◆ **What is required**
What lines of the listing below contain the word "Settling"? Copy each of them out.

◆ **Source records**
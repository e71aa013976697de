//! Settling over every run.

ghost use Rattle.model_laws.specs.Settlement.{Settles};
ghost use Rattle.settled.specs.OwedLaws.{OwedIsKept, QuietWorldsRest, TicksAskForAll};

/// Behind a tick, long enough that all is quiet, a message is on its way for each vote, each commit and each outcome that a node's
/// seats and participants wait for, and for each that registers at a transaction of a node.
#[tactic(auto, using(crate::proofs::Settlement::ticks_ask_for_all))]
pub fn ticks_ask_for_all()
    ensures { TicksAskForAll }
{}

/// What is owed stays owed over each step that sends all that it posts: its message is on its way still, or its answer is, or
/// who was asked is busy with it.
#[tactic(auto, using(crate::proofs::Settlement::owed_is_kept))]
pub fn owed_is_kept()
    ensures { OwedIsKept }
{}

/// Where no message is on its way any more, nobody waits: going down from who waits for votes or commits, each participant
/// registered later than its coordinator, and going up from who waits for an outcome, each coordinator registered earlier.
#[tactic(auto, using(crate::proofs::Settlement::quiet_worlds_rest))]
pub fn quiet_worlds_rest()
    ensures { QuietWorldsRest }
{}

/// Settling: in every run of nodes with addresses of their own, whatever was lost, repeated, delayed, refused, stopped or crashed before, and
/// through any depth of subordinates, where no node has spent its incarnations a bounded list of events (every node up, then eight
/// rounds of a tick at each node and of deliveries) leaves no durable participant in doubt, no subordinate that has voted without
/// an outcome, and no decision that waits to be carried out.
#[tactic(auto, using(crate::proofs::Settlement::settles))]
pub fn settles()
    ensures { Settles }
{}
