/// The coordinator's endpoint of a seat that was found.
fn found_endpoint(
    alloc: Global,
    moment: &Moment,
    id: Id,
    found: Option<&Enlistment>,
) -> Result<Option<Epr>, AllocError>
    ensures { IfOk result
        (λ held. held ≡ option_map (seat_endpoint moment.entry.now.base id) (option_copied found.entry)) }
{
    match found {
        Some(seat) => Ok(Some(seat_endpoint(alloc, &moment.base, id, seat)?)),
        None => Ok(None),
    }
}

/// The coordinator's endpoint of the seat that an endpoint has for a protocol, also where it has left.
fn seat_for(
    alloc: Global,
    moment: &Moment,
    transaction: &Transaction,
    participant: &Epr,
    protocol: Protocol,
) -> Result<Option<Epr>, AllocError>
    ensures { IfOk result
        (λ held. held
        ≡ seat_for moment.entry.now.base transaction.now.id participant.now protocol transaction.now.seats
        transaction.now.completion) }
{
    match protocol {
        Some(kind) => {
            let found = transaction.seats.seat_of(kind, participant);
            found_endpoint(alloc, moment, transaction.id, found)
        }
        None => completion_for(alloc, moment, transaction, participant),
    }
}

/// Whether a new participant is accepted in this phase: until the durable ones are asked.
fn accepts(phase: Phase) -> bool
    ensures { result ≡ accepts (phase_of phase) }
{
    match phase {
        Phase::Active | Phase::Volatile => true,
        Phase::Registering | Phase::Durable | Phase::Voted | Phase::Committing | Phase::Aborting =>
            false,
    }
}

/// Whether Completion is for this transaction: a root that has no initiator yet (WS-AtomicTransaction 1.2, section
/// 3.2).
fn may_complete(transaction: &Transaction, protocol: Protocol) -> bool
    ensures { result ≡ may_complete transaction.now protocol }
{
    match protocol {
        Some(_) => true,
        None => transaction.superior.is_none() && transaction.completion.is_none(),
    }
}

/// Whether a seat is left.
fn has_room(transaction: &Transaction) -> bool
    ensures { result ≡ nat_lt (length transaction.now.seats) MOST_SEATS }
{
    transaction.seats.as_slice().len() < MOST_SEATS
}

/// Whether a transaction takes a new participant, or an initiator.
fn may_register(transaction: &Transaction, protocol: Protocol) -> bool
    ensures { result ≡ may_register transaction.now protocol }
{
    accepts(transaction.phase) && has_room(transaction) && may_complete(transaction, protocol)
}

/// Whether a participant registers while the volatile ones are asked, and is one of them.
fn is_late(phase: Phase, kind: Kind) -> bool
    ensures { result ≡ is_late (phase_of phase) kind }
{
    match (phase, kind) {
        (Phase::Volatile, Kind::Volatile) => true,
        _ => false,
    }
}

/// The state of a new seat.
fn first_state(phase: Phase, kind: Kind) -> State
    ensures { result ≡ (if is_late (phase_of phase) kind then states.Preparing else states.Active) }
{
    if is_late(phase, kind) {
        State::Preparing
    } else {
        State::Active
    }
}

/// The seat of a new participant.
fn new_seat(
    alloc: Global,
    transaction: &Transaction,
    participant: &Epr,
    kind: Kind,
) -> Result<Enlistment, AllocError>
    requires { length transaction.now.seats < MOST_SEATS }
    ensures { IfOk result (λ seat. seat ≡ new_seat transaction.now participant.now kind) }
{
    let participant = kept(alloc, participant)?;
    Ok(Enlistment {
        number: transaction.seats.as_slice().len() as u16 + 1,
        kind,
        participant,
        state: first_state(transaction.phase, kind),
    })
}

/// Room for one seat more, and the move that adds this one.
#[tactic(auto, using(crate::proofs::Registrations::enlists))]
fn enlisting(
    alloc: Global,
    moment: &Moment,
    transaction: &Transaction,
    seat: Enlistment,
) -> Result<Move, AllocError>
    ensures { IfOk result (λ by. moved by transaction.now ≡ with_seat moment.entry.now transaction.now seat) }
{
    let room = transaction.seats.room(alloc)?;
    let sent = if is_late(transaction.phase, seat.kind) {
        Some(moment.now)
    } else {
        None
    };
    Ok(Move::Enlisted { seat, sent, room })
}

/// The answer of a Register, with the coordinator's endpoint.
fn registered_reply(
    alloc: Global,
    arrived: &Arrived,
    coordinator: Epr,
) -> Result<OutList, AllocError>
    ensures { IfOk result (λ outs. outs ≡ registered_reply arrived.now coordinator) }
{
    replied(
        alloc,
        &arrived.reply,
        &arrived.id,
        Message::RegisterResponse(coordinator),
    )
}

/// Prepare to a participant that registered late.
fn push_late(
    alloc: Global,
    outs: &mut OutList,
    moment: &Moment,
    transaction: &Transaction,
    seat: &Enlistment,
) -> Result<(), AllocError>
    ensures { OnOk result
        (outs.new
        ≡ outs.old
        ++ late_prepare moment.entry.now transaction.now.id (is_late transaction.now.phase seat.now.kind) seat.now) }
{
    if is_late(transaction.phase, seat.kind) {
        let own = seat_target(transaction.id, seat);
        push_notice(
            alloc,
            outs,
            &moment.base,
            &own,
            &seat.participant,
            Notice::Prepare,
        )?;
    }
    Ok(())
}

/// Accepts a participant in this seat.
fn accept_seat(
    alloc: Global,
    moment: &Moment,
    arrived: &Arrived,
    transaction: &Transaction,
    seat: Enlistment,
) -> Result<Registered, AllocError>
    ensures { IfOk result
        (λ given. registration_of transaction.now given
        ≡ accept_seat moment.entry.now arrived.now transaction.now seat) }
{
    let coordinator = seat_endpoint(alloc, &moment.base, transaction.id, &seat)?;
    let mut outs = registered_reply(alloc, arrived, coordinator)?;
    push_late(alloc, &mut outs, moment, transaction, &seat)?;
    let by = enlisting(alloc, moment, transaction, seat)?;
    Ok(Registered {
        change: Some(by),
        outs,
    })
}

/// Accepts an initiator.
#[tactic(auto, unfolding(at_model::specs::Register::accept))]
fn accept_initiator(
    alloc: Global,
    moment: &Moment,
    arrived: &Arrived,
    transaction: &Transaction,
    initiator: &Epr,
) -> Result<Registered, AllocError>
    ensures { IfOk result
        (λ given. registration_of transaction.now given
        ≡ accept moment.entry.now arrived.now transaction.now initiator.now None) }
{
    let coordinator = completion_endpoint(alloc, &moment.base, transaction.id)?;
    let outs = registered_reply(alloc, arrived, coordinator)?;
    let initiator = kept(alloc, initiator)?;
    let completion = Completion {
        initiator,
        state: State::Active,
    };
    Ok(Registered {
        change: Some(Move::Initiator(completion)),
        outs,
    })
}

/// Accepts a participant, or an initiator.
#[tactic(auto, unfolding(at_model::specs::Register::accept))]
fn accept(
    alloc: Global,
    moment: &Moment,
    arrived: &Arrived,
    transaction: &Transaction,
    participant: &Epr,
    protocol: Protocol,
) -> Result<Registered, AllocError>
    requires { length transaction.now.seats < MOST_SEATS }
    ensures { IfOk result
        (λ given. registration_of transaction.now given
        ≡ accept moment.entry.now arrived.now transaction.now participant.now protocol) }
{
    match protocol {
        Some(kind) => {
            let seat = new_seat(alloc, transaction, participant, kind)?;
            accept_seat(alloc, moment, arrived, transaction, seat)
        }
        None => accept_initiator(alloc, moment, arrived, transaction, participant),
    }
}
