//! The records of a strip.
ghost use Rattle.std.specs.Prelude.{◌≡◌, ◌+◌, ◌≤◌, length, IfOk};
ghost use Rattle.page.specs.Bytes.{le4};
ghost use Rattle.strip.specs.Strip.{dictionary_body, v1_body, v2_body, page_in, span_of};
ghost use Rattle.strip.specs.Records.{taken_of, whole_of, first_of, behind, page_of, told_of, part_of, parted, rested};

use page::fault::SourceFault;
use page::page::{Page, PageMetadata};

/// Where the bytes of a page lie in the data.
#[derive(Clone, Copy)]
pub(crate) struct Span {
    pub(crate) place: u32,
    pub(crate) length: u32,
}

/// A record: where a page's bytes lie, and then the page's own fields.
// Kept: encodings as numbers, as in `Page`.
#[derive(Clone, Copy)]
pub(crate) enum Record {
    Dictionary {
        span: Span,
        num_values: u32,
        encoding: u8,
    },
    V1 {
        span: Span,
        num_values: u32,
        encoding: u8,
        def_level_encoding: u8,
        rep_level_encoding: u8,
    },
    V2 {
        span: Span,
        num_values: u32,
        num_nulls: u32,
        num_rows: u32,
        rep_levels_byte_len: u32,
        def_levels_byte_len: u32,
        encoding: u8,
    },
}

/// The number in the four bytes from the `at`-th on, lowest first.
fn u32_at(bytes: &[u8], at: usize) -> u32
    requires { at + 4 ≤ length bytes.now }
    ensures { result ≡ le4 bytes.now at }
{
    u32::from_le_bytes(*bytes[at..].first_chunk().unwrap())
}

impl Span {
    /// The span that a body begins with.
    fn of(body: &[u8]) -> Span
        requires { 8 ≤ length body.now }
        ensures { result ≡ span_of body.now }
    {
        Span {
            place: u32_at(body, 0),
            length: u32_at(body, 4),
        }
    }

    /// The bytes of the data that the span names.
    fn cut(self, data: &[u8]) -> Result<&[u8], SourceFault>
        ensures { part_of result ≡ parted «data».now self.place self.length }
    {
        let from = self.place as usize;
        let to = from + self.length as usize;
        data.get(from..to).ok_or(SourceFault::OutsideData)
    }
}

/// Takes the first record off a strip.
pub(crate) fn take_record(strip: &[u8]) -> Result<Option<(Record, &[u8])>, SourceFault>
    ensures { taken_of result ≡ first_of strip.now }
{
    let Some((kind, body)) = strip.split_first() else {
        return Ok(None);
    };
    Ok(Some(match *kind {
        0 => dictionary(body)?,
        1 => v1(body)?,
        2 => v2(body)?,
        kind => return Err(SourceFault::UnknownKind(kind)),
    }))
}

/// What stands behind a body of `size` bytes.
fn rest_of(body: &[u8], size: usize) -> Result<&[u8], SourceFault>
    ensures value { part_of result ≡ rested body.now size }
    ensures whole { IfOk result (λ _. size ≤ length body.now) }
{
    body.get(size..).ok_or(SourceFault::CutRecord)
}

/// A dictionary's body.
fn dictionary(body: &[u8]) -> Result<(Record, &[u8]), SourceFault>
    ensures { whole_of result ≡ behind (dictionary_body body.now) body.now }
{
    let rest = rest_of(body, 13)?;
    let record = Record::Dictionary {
        span: Span::of(body),
        num_values: u32_at(body, 8),
        encoding: body[12],
    };
    Ok((record, rest))
}

/// The body of a V1 page.
fn v1(body: &[u8]) -> Result<(Record, &[u8]), SourceFault>
    ensures { whole_of result ≡ behind (v1_body body.now) body.now }
{
    let rest = rest_of(body, 15)?;
    let record = Record::V1 {
        span: Span::of(body),
        num_values: u32_at(body, 8),
        encoding: body[12],
        def_level_encoding: body[13],
        rep_level_encoding: body[14],
    };
    Ok((record, rest))
}

/// The body of a V2 page.
fn v2(body: &[u8]) -> Result<(Record, &[u8]), SourceFault>
    ensures { whole_of result ≡ behind (v2_body body.now) body.now }
{
    let rest = rest_of(body, 29)?;
    let record = Record::V2 {
        span: Span::of(body),
        num_values: u32_at(body, 8),
        num_nulls: u32_at(body, 12),
        num_rows: u32_at(body, 16),
        rep_levels_byte_len: u32_at(body, 20),
        def_levels_byte_len: u32_at(body, 24),
        encoding: body[28],
    };
    Ok((record, rest))
}

/// The page that a record names in the data.
pub(crate) fn page_in(data: &[u8], record: Record) -> Result<Page<'_>, SourceFault>
    ensures { page_of result ≡ page_in «data».now «record» }
{
    Ok(match record {
        Record::Dictionary {
            span,
            num_values,
            encoding,
        } => Page::DictionaryPage {
            place: span.place as usize,
            buf: span.cut(data)?,
            num_values,
            encoding,
        },
        Record::V1 {
            span,
            num_values,
            encoding,
            def_level_encoding,
            rep_level_encoding,
        } => Page::DataPage {
            place: span.place as usize,
            buf: span.cut(data)?,
            num_values,
            encoding,
            def_level_encoding,
            rep_level_encoding,
        },
        Record::V2 {
            span,
            num_values,
            num_nulls,
            num_rows,
            rep_levels_byte_len,
            def_levels_byte_len,
            encoding,
        } => Page::DataPageV2 {
            place: span.place as usize,
            buf: span.cut(data)?,
            num_values,
            num_nulls,
            num_rows,
            rep_levels_byte_len,
            def_levels_byte_len,
            encoding,
        },
    })
}

/// What a peek tells of a strip's page.
pub(crate) fn metadata(page: &Page) -> PageMetadata
    ensures { result ≡ told_of page.now }
{
    let (num_rows, num_levels, is_dict) = match *page {
        Page::DictionaryPage { .. } => (None, None, true),
        Page::DataPage { num_values, .. } => (None, Some(num_values), false),
        Page::DataPageV2 {
            num_values,
            num_rows,
            ..
        } => (Some(num_rows), Some(num_values), false),
    };
    PageMetadata {
        num_rows,
        num_levels,
        is_dict,
    }
}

◆ **Response area**
//! Settling over every run.
/// Settling: in every run of nodes with addresses of their own, whatever was lost, repeated, delayed, refused, stopped or crashed before, and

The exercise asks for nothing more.